Six in 10 Australians are kept awake at night by the rising cost of living, new Powered by Nine research has found, yet consumer spending remains strong. How should marketers navigate these uncertain waters? As Powered by Nine’s Toby Boon writes, reaching the consideration set while competitors race to the bottom on price can deliver market-share gold.

Cost of living is the number one social concern for 60 per cent of Australians, ahead of climate change and healthcare, according to Powered by Nine’s latest Cultural Conversation research, 'The Revolution will be Advertised'.

The study is the latest to flag growing concerns over rising prices. In recent months the likes of Beyond Blue, Australian National University, JWS Research and consumer group CHOICE have all released survey results highlighting the pressures on everyday spending as the issue keeping Aussie consumers up at night.

That’s backed up by both the most recent ANZ-Roy Morgan Consumer Confidence Index and the Westpac-Melbourne Institute Index of Consumer Sentiment dropping back from a September bounce.

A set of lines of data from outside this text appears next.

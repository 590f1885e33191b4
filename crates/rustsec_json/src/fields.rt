//! Reads the values at the keys of a JSON object (RFC 8259, section 4).

ghost use Rattle.std.specs.Prelude.{◌≡◌, ◌≢◌, [], IfErr, IfOk, None, OnErr, Some, option_map};
ghost use Rattle.serde_json.specs.Data.{null};
ghost use Rattle.serde_json.specs.Find.{as_object, get_member};
ghost use Rattle.serde_json.specs.View.{members_view, view};
ghost use Rattle.rustsec_json.specs.Fields.{defaulted, every, optional, required};
ghost use Rattle.rustsec_values.specs.Failure.{IsRefusal};

use crate::read::FromTree;
use crate::refusal::{missing_error, unexpected_error, with_key};
use rustsec_values::{ErrorKind, Items, Result};
use serde_json::{Map, Value};
use std::alloc::Global;

/// Returns the members of a tree that must be an object.
///
/// # Errors
///
/// `Parse` if it is not an object; else `OutOfMemory`.
pub fn fields_of(alloc: Global, tree: &Value) -> Result<&Map<String, Value>>
    ensures ok { IfOk result (λ m. as_object (view tree.now) ≡ Some (members_view m.now.entries)) }
    ensures err { IfErr result (IsRefusal ErrorKind.Parse (as_object (view tree.now) ≡ None)) }
    ensures none { IfErr result (λ e. as_object (view tree.now) ≡ None) }
{
    match tree.as_object() {
        Some(fields) => Ok(fields),
        None => Err(unexpected_error(alloc, tree, "an object")),
    }
}

/// Returns the tree at a key of an object, if the key is present.
pub fn member<'a>(fields: &'a Map<String, Value>, key: &str) -> Option<&'a Value>
    ensures { option_map (λ v. view v.now) result ≡ get_member key.now (members_view fields.now.entries) }
{
    fields.get(key)
}

/// Reads the value at a required key.
///
/// # Errors
///
/// `Parse` if the key is missing, or its tree is refused; else `OutOfMemory`.
pub fn required_at<T: FromTree>(alloc: Global, fields: &Map<String, Value>, key: &str) -> Result<T>
    ensures ok { IfOk result (λ x. required T.reads key.now (members_view fields.now.entries) ≡ Some x) }
    ensures err { IfErr result (IsRefusal ErrorKind.Parse (required T.reads key.now (members_view fields.now.entries) ≡ None)) }
{
    let Some(tree) = member(fields, key) else {
        return Err(missing_error(alloc, key));
    };
    match T::from_tree(alloc, tree) {
        Ok(value) => Ok(value),
        Err(e) => Err(with_key(alloc, key, &e)),
    }
}

/// Reads the value at a key that may be missing; null means missing too. A missing key and null take no memory.
///
/// # Errors
///
/// `Parse` if its tree is refused; else `OutOfMemory`.
pub fn optional_at<T: FromTree>(
    alloc: Global,
    fields: &Map<String, Value>,
    key: &str,
) -> Result<Option<T>>
    ensures ok { IfOk result (λ x. optional T.reads key.now (members_view fields.now.entries) ≡ Some x) }
    ensures err { IfErr result (IsRefusal ErrorKind.Parse (optional T.reads key.now (members_view fields.now.entries) ≡ None)) }
    ensures none { OnErr result (get_member key.now (members_view fields.now.entries) ≢ None) }
    ensures at_null { OnErr result (get_member key.now (members_view fields.now.entries) ≢ Some null) }
{
    let Some(tree) = member(fields, key) else {
        return Ok(None);
    };
    match Option::<T>::from_tree(alloc, tree) {
        Ok(value) => Ok(value),
        Err(e) => Err(with_key(alloc, key, &e)),
    }
}

/// Reads the list at a key, empty if the key is missing.
///
/// # Errors
///
/// `Parse` if the value is not a list, or a tree in it is refused; else `OutOfMemory`.
pub fn list_at<T: FromTree>(
    alloc: Global,
    fields: &Map<String, Value>,
    key: &str,
) -> Result<Items<T>>
    ensures ok { IfOk result (λ xs. defaulted [] (every T.reads) key.now (members_view fields.now.entries) ≡ Some xs) }
    ensures err { IfErr result (IsRefusal ErrorKind.Parse (defaulted [] (every T.reads) key.now (members_view fields.now.entries) ≡ None)) }
    ensures none { OnErr result (get_member key.now (members_view fields.now.entries) ≢ None) }
{
    let Some(tree) = member(fields, key) else {
        return Ok(Items::new(alloc));
    };
    match Items::<T>::from_tree(alloc, tree) {
        Ok(values) => Ok(values),
        Err(e) => Err(with_key(alloc, key, &e)),
    }
}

Marketers might therefore be forgiven a degree of confusion, as consumer spending remains relatively strong against this less than rosy backdrop.


Toby Boon
Director of Strategy & Insights
Powered by Nine

But while the headlines may be sending mixed messages, marketers need only look a little deeper to find some degree of clarity. Consumer Pulse, Nine’s monthly survey canvassing the attitudes, purchase intent and mood of more than 2,000 Australians across our television, radio, print and digital audiences, has been tracking trends in consumer sentiment since early 2020.

The most recent Consumer Pulse found that while the majority of respondents (55 per cent) feel that they are in a comfortable financial position, for the key 18-54 demographic the average dips to 46 per cent – with consumers particularly feeling the crunch on groceries, utilities and fuel. Twenty per cent of that same audience are feeling under pressure financially.

It would be tempting, therefore, for marketers to rush towards tactical, price-based messaging. Of course, there are benefits to this approach – driving sales, and letting customers know that your brand has their back in tough times. But that is only part of the story. Beyond the need to manage their budget, consumers appear to be sending a signal that the next three months will be about cutting things back, not cutting them out completely. Meal delivery might be once a week, rather than twice. Trips to the cinema might be substituted for streaming the latest release on Pay-Per-View or SVOD.

Rather than denying themselves completely, Australians will become more selective in how and where they purchase. The survey showed 84 per cent are happy to pay more for quality, with a similar number (83 per cent) feeling more confident when they know that they are getting a superior product or service. There is a baseline “quality of life” that Aussies expect to enjoy, and most don’t anticipate that they will decrease spend on the essentials (e.g. groceries, utilities, telco, insurance).

Even on “nice to have” spending categories, such as holidays, pets and subscription TV, the majority of Nine’s audience have yet to reduce their financial outlay. In fact, more than one in five consider their SVOD subscriptions to be permanent “must haves” and one in four feel the same way about their news subscriptions.

As Australians leverage this selective spending power, key priorities for marketers must be growing market share and owning more space amongst the consideration set.

When competitors are racing to the bottom on price, the winning brands will be the ones achieving both reach and dominating the consideration phase in order to differentiate their products and make them memorable.

The temptation to play it safe in an unpredictable market is understandable, but when this becomes the universal response across an entire category we’re left not with impactful messages but tactical advertising as cultural wallpaper. There is an opportunity for brands that embrace deeper partnerships, bold creativity and integration to lead the pack.

In fact, brands might best succeed by mirroring the behaviour of their customer base – leaning into quality over quantity, and investing with media owners that can deliver big ideas via a full-funnel, cross-platform partnership at scale.